These records need to be repeated exactly, every one of them.
*** Data for review ***
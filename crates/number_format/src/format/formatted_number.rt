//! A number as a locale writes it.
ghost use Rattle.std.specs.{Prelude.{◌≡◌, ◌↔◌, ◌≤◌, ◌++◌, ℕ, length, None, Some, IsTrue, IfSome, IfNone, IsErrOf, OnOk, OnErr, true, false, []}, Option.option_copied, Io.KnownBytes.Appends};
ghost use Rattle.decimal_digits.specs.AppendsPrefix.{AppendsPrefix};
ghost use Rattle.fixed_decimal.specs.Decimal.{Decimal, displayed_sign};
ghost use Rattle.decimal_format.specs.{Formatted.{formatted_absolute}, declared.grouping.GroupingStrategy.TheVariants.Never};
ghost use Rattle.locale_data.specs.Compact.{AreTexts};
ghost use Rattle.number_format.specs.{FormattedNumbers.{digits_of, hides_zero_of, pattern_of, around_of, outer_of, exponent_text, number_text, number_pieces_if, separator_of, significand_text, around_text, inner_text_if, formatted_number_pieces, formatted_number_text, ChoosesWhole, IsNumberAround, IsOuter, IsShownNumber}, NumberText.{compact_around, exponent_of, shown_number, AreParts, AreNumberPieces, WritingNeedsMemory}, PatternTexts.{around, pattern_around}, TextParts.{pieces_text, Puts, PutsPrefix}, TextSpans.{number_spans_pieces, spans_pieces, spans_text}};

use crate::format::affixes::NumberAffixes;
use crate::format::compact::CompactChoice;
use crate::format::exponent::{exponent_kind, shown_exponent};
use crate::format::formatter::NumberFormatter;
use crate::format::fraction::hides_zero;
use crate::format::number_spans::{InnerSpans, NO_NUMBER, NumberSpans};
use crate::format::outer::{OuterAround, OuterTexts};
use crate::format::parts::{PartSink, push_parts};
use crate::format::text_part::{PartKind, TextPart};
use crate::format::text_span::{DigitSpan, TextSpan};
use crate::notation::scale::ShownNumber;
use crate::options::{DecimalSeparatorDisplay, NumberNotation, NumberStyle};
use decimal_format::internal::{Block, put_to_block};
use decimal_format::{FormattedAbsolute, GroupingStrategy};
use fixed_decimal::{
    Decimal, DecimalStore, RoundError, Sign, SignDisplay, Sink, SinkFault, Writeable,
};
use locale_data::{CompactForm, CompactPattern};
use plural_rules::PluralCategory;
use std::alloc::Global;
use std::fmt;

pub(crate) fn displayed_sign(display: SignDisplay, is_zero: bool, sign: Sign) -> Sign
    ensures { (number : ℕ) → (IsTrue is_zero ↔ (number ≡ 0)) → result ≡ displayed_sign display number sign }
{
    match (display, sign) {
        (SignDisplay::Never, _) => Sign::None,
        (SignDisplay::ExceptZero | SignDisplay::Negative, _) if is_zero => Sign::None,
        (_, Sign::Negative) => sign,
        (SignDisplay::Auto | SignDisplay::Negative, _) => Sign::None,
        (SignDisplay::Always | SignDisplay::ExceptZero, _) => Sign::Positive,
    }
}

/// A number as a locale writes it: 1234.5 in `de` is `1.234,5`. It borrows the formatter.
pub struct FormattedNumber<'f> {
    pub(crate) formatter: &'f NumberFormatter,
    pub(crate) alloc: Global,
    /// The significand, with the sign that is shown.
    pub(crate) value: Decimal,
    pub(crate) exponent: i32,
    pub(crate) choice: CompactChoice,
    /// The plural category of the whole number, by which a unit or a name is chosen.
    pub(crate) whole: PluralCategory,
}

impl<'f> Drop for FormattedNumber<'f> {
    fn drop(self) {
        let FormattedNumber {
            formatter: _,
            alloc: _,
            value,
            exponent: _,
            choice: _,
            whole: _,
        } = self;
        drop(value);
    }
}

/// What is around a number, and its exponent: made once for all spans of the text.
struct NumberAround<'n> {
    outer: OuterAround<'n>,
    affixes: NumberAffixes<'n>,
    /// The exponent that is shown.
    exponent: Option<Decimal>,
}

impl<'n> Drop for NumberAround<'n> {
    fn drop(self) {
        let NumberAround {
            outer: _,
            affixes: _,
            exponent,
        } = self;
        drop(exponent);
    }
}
***
▶ [Solution for this exercise]:
filename crates/number_format/src/format/formatted_number.rt
//! A number as a locale writes it.
ghost use Rattle.std.specs.{Prelude.{◌≡◌, ◌↔◌, ◌≤◌, ◌++◌, ℕ, length, None, Some, IsTrue, IfSome, IfNone, IsErrOf, OnOk, OnErr, true, false, []}, Option.option_copied, Io.KnownBytes.Appends};
ghost use Rattle.decimal_digits.specs.AppendsPrefix.{AppendsPrefix};
ghost use Rattle.fixed_decimal.specs.Decimal.{Decimal, displayed_sign};
ghost use Rattle.decimal_format.specs.{Formatted.{formatted_absolute}, declared.grouping.GroupingStrategy.TheVariants.Never};
ghost use Rattle.locale_data.specs.Compact.{AreTexts};
ghost use Rattle.number_format.specs.{FormattedNumbers.{digits_of, hides_zero_of, pattern_of, around_of, outer_of, exponent_text, number_text, number_pieces_if, separator_of, significand_text, around_text, inner_text_if, formatted_number_pieces, formatted_number_text, ChoosesWhole, IsNumberAround, IsOuter, IsShownNumber}, NumberText.{compact_around, exponent_of, shown_number, AreParts, AreNumberPieces, WritingNeedsMemory}, PatternTexts.{around, pattern_around}, TextParts.{pieces_text, Puts, PutsPrefix}, TextSpans.{number_spans_pieces, spans_pieces, spans_text}};

use crate::format::affixes::NumberAffixes;
use crate::format::compact::CompactChoice;
use crate::format::exponent::{exponent_kind, shown_exponent};
use crate::format::formatter::NumberFormatter;
use crate::format::fraction::hides_zero;
use crate::format::number_spans::{InnerSpans, NO_NUMBER, NumberSpans};
use crate::format::outer::{OuterAround, OuterTexts};
use crate::format::parts::{PartSink, push_parts};
use crate::format::text_part::{PartKind, TextPart};
use crate::format::text_span::{DigitSpan, TextSpan};
use crate::notation::scale::ShownNumber;
use crate::options::{DecimalSeparatorDisplay, NumberNotation, NumberStyle};
use decimal_format::internal::{Block, put_to_block};
use decimal_format::{FormattedAbsolute, GroupingStrategy};
use fixed_decimal::{
    Decimal, DecimalStore, RoundError, Sign, SignDisplay, Sink, SinkFault, Writeable,
};
use locale_data::{CompactForm, CompactPattern};
use plural_rules::PluralCategory;
use std::alloc::Global;
use std::fmt;

pub(crate) fn displayed_sign(display: SignDisplay, is_zero: bool, sign: Sign) -> Sign
    ensures { (number : ℕ) → (IsTrue is_zero ↔ (number ≡ 0)) → result ≡ displayed_sign display number sign }
{
    match (display, sign) {
        (SignDisplay::Never, _) => Sign::None,
        (SignDisplay::ExceptZero | SignDisplay::Negative, _) if is_zero => Sign::None,
        (_, Sign::Negative) => sign,
        (SignDisplay::Auto | SignDisplay::Negative, _) => Sign::None,
        (SignDisplay::Always | SignDisplay::ExceptZero, _) => Sign::Positive,
    }
}

/// A number as a locale writes it: 1234.5 in `de` is `1.234,5`. It borrows the formatter.
pub struct FormattedNumber<'f> {
    pub(crate) formatter: &'f NumberFormatter,
    pub(crate) alloc: Global,
    /// The significand, with the sign that is shown.
    pub(crate) value: Decimal,
    pub(crate) exponent: i32,
    pub(crate) choice: CompactChoice,
    /// The plural category of the whole number, by which a unit or a name is chosen.
    pub(crate) whole: PluralCategory,
}

impl<'f> Drop for FormattedNumber<'f> {
    fn drop(self) {
        let FormattedNumber {
            formatter: _,
            alloc: _,
            value,
            exponent: _,
            choice: _,
            whole: _,
        } = self;
        drop(value);
    }
}

/// What is around a number, and its exponent: made once for all spans of the text.
struct NumberAround<'n> {
    outer: OuterAround<'n>,
    affixes: NumberAffixes<'n>,
    /// The exponent that is shown.
    exponent: Option<Decimal>,
}

impl<'n> Drop for NumberAround<'n> {
    fn drop(self) {
        let NumberAround {
            outer: _,
            affixes: _,
            exponent,
        } = self;
        drop(exponent);
    }
}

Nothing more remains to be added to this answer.